Утром мы проводили отдохнувшего и словно помолодевшего на несколько лет барона Харитонова. Несмотря на печаль в глазах из-за утраты любимой дочери, в них также теплилась и надежда. Он с чувством поцеловал мне руку на прощание и пообещал непременно сообщить дату крестин.
— Вот она, жизнь, — философски сказала Клавдия, глядя вслед процессии. — Горе и радость идут рука об руку. Иногда и не поймёшь, что из чего произрастает.
Елецкие вернулись через четыре дня. Даже не отдохнув нормально с дороги, позвали к себе Клавдию и о чём-то долго с ней совещались. Уже ближе к ночи я сама была вызвана к Екатерине Михайловне.
— Как вы себя чувствуете? — спросила я её, глядя на уставшее лицо женщины.
— Плохо, — призналась она. — За свой длинный век из семерых детей похоронила четверых, но Анна была самой тяжёлой утратой.
— Давайте я вас немного подлечу Даром?
— Успеется, Лизонька. Я с тобой по другому поводу поговорить хочу. Про Илью Андреевича и про мой Дом Призрения.
— Неужели закрыть хотите? — ахнула я, понимая, что после смерти дочери подобное возможно.
— Нет. А вот Илья Андреевич хочет покинуть нас и вернуться на военную службу. Разочаровался в себе, как в докторе.

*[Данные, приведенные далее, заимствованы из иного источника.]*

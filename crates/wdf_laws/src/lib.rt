//! The laws of a trace: what a driver may rely on in every run, said by the plan and the events alone. They are
//! definitions, in `specs/`; here are the plain types of their words. `check_trace` finds the first law that a
//! list of events breaks.
//!
//! # Choices
//!
//! - **What is the end of a callback?** Each start has the number of its event, and an end has the frame on top of
//!   its processor's stack. So the end of a start is an end whose frame has that number, on whatever processor, and
//!   one that comes after the start. An end or a park on an empty stack takes nothing.
//! - **Which forward enters a queue?** One that answers SUCCESS. Another one leaves the request where it is.
//! - **What if a device's queues never went down?** Then no acknowledgement counts, as none comes after it.
//! - **What is an argument that names no object?** Such a call completes, marks or gives up nothing, and what is
//!   created under it has no parent.
//! - **How far up does the third law look?** As many parents as the plan declares objects and the list has events,
//!   and one. On a list whose parents go round in a circle it has then seen all of them.
//! - **Whose laws are those of an interrupt?** The object of the start has to be an interrupt of the plan, which says
//!   its device and level. Of another object the fourth law says nothing.
#![tactic(auto)]

mod sign;

pub use sign::{Begun, Moment, Sign, Stacked, Taking, Told};
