// A recorded case's texts as input and as the words of a trace.
ghost use Rattle.std.specs.Prelude.{◌≤◌, ◌≡◌, length};

use crate::hex;
use fields::decimal::decimal;
use fields::part::{head, part};
use vars::Vars;

// The number of a field; past every number where it has none.
pub fn number(s: &[u8]) -> u64 {
    decimal(s, 65535).unwrap_or(65536)
}

// The kind of the event that a line names.
fn kind(line: &[u8]) -> u64 {
    match line {
        [] | [_] => 0,
        [b'l', ..] => 1,
        [b's', ..] => 2,
        [b'm', ..] => 4,
        [_, b'x', ..] => 3,
        _ => 5,
    }
}

// Words put into lent room, as far as there is room.
#[derive(Drop)]
struct Words<'a> {
    room: &'a mut [u64],
    count: usize,
    ghost fits: { count ≤ length room.now },
}

impl Words<'_> {
    // One word more.
    fn put(&mut self, x: u64)
        ensures { length self.new.room.now ≡ length self.old.room.now }
    {
        let n = self.count;
        if n < self.room.len() {
            self.room[n] = x;
            self.count = n + 1;
        }
    }

    // The number in the 16 bytes from byte `k` on, as two words.
    fn put_number(&mut self, s: &[u8], k: usize)
        requires { k ≤ 4194304 }
        ensures { length self.new.room.now ≡ length self.old.room.now }
    {
        self.put(u64::from_le_bytes(hex::bytes(s, k)));
        self.put(u64::from_le_bytes(hex::bytes(s, k + 8)));
    }

    // Rows of 16 bytes, two words each, at most 112.
    fn put_rows(&mut self, s: &[u8])
        ensures { length self.new.room.now ≡ length self.old.room.now }
    {
        for i in 0..(s.len() / 32).min(112) {
            self.put_number(s, 16 * i);
        }
    }

    // The number and the operands' values of a load, a store or an exit.
    fn put_access(&mut self, line: &[u8])
        ensures { length self.new.room.now ≡ length self.old.room.now }
    {
        self.put(number(part(line, b'\t', 1)));
        self.put_number(part(line, b'\t', 2), 0);
        self.put_number(part(line, b'\t', 3), 0);
    }

    // One line's words.
    fn put_event(&mut self, line: &[u8])
        ensures { length self.new.room.now ≡ length self.old.room.now }
    {
        let k = kind(line);
        self.put(k);
        if 3 < k {
            self.put(0);
            self.put_rows(part(line, b'\t', 1));
            return;
        }
        self.put_access(line);
        if k == 3 {
            self.put_rows(part(line, b'\t', 4));
        }
    }
}

// The words of the events that a text lists.
pub fn events<'a>(text: &[u8], room: &'a mut [u64]) -> &'a [u64]
    ensures { length result.now ≤ length room.old }
{
    let mut words = Words { room, count: 0 };
    for line in text.split_inclusive(|b| *b == b'\n') {
        words.put_event(head(line, b'\n'));
    }
    let Words { room, count } = words;
    &room[..count]
}

// The words of the answers that a text lists, a line each.
pub fn answers<'a>(text: &[u8], room: &'a mut [u64]) -> &'a [u64]
    ensures { length result.now ≤ length room.old }
{
    let mut words = Words { room, count: 0 };
    for line in text.split_inclusive(|b| *b == b'\n') {
        words.put_number(head(line, b'\n'), 0);
    }
    let Words { room, count } = words;
    &room[..count]
}

// The row of the variable that a line names, where the block names it.
fn row_of(line: &[u8], vars: &Vars) -> Option<usize> {
    let id = record::operand::id(part(line, b'\t', 0))?;
    vars.held().iter().position(|x| *x == id)
}

// The state that a text gives to a block's variables.
pub fn start(text: &[u8], vars: &Vars) -> [[u8; 16]; 112] {
    let mut state = [[0; 16]; 112];
    for line in text.split_inclusive(|b| *b == b'\n') {
        let line = head(line, b'\n');
        match row_of(line, vars) {
            Some(row) if row < 112 => state[row] = hex::bytes(part(line, b'\t', 1), 0),
            _ => {}
        }
    }
    state
}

— Вы ведь должны быть этому рады? Кажется, он говорил про то, что пошёл вопреки вашему мнению, выбрав врачебную стезю.
— Была. И вернись мой внук на императорскую службу из-за того, что она ему более интересна, то выдохнула бы с облегчением. Но тут получается, что он бежит от самого себя. Сдаётся. Тут не карьеру, а душу спасать надо. Поговорили бы вы с ним, а то меня он не слушает.
— Когда? — только и спросила я.
— Прямо сейчас и идите. Спасибо.
Илья Андреевич находился в своём кабинете. Идя к нему, я опасалась, что он уже с горя опять начал пить. Но князь был трезв и сосредоточен. Он сидел за своим столом и разглядывал какие-то чертежи, при этом грустно, саркастически ухмыляясь.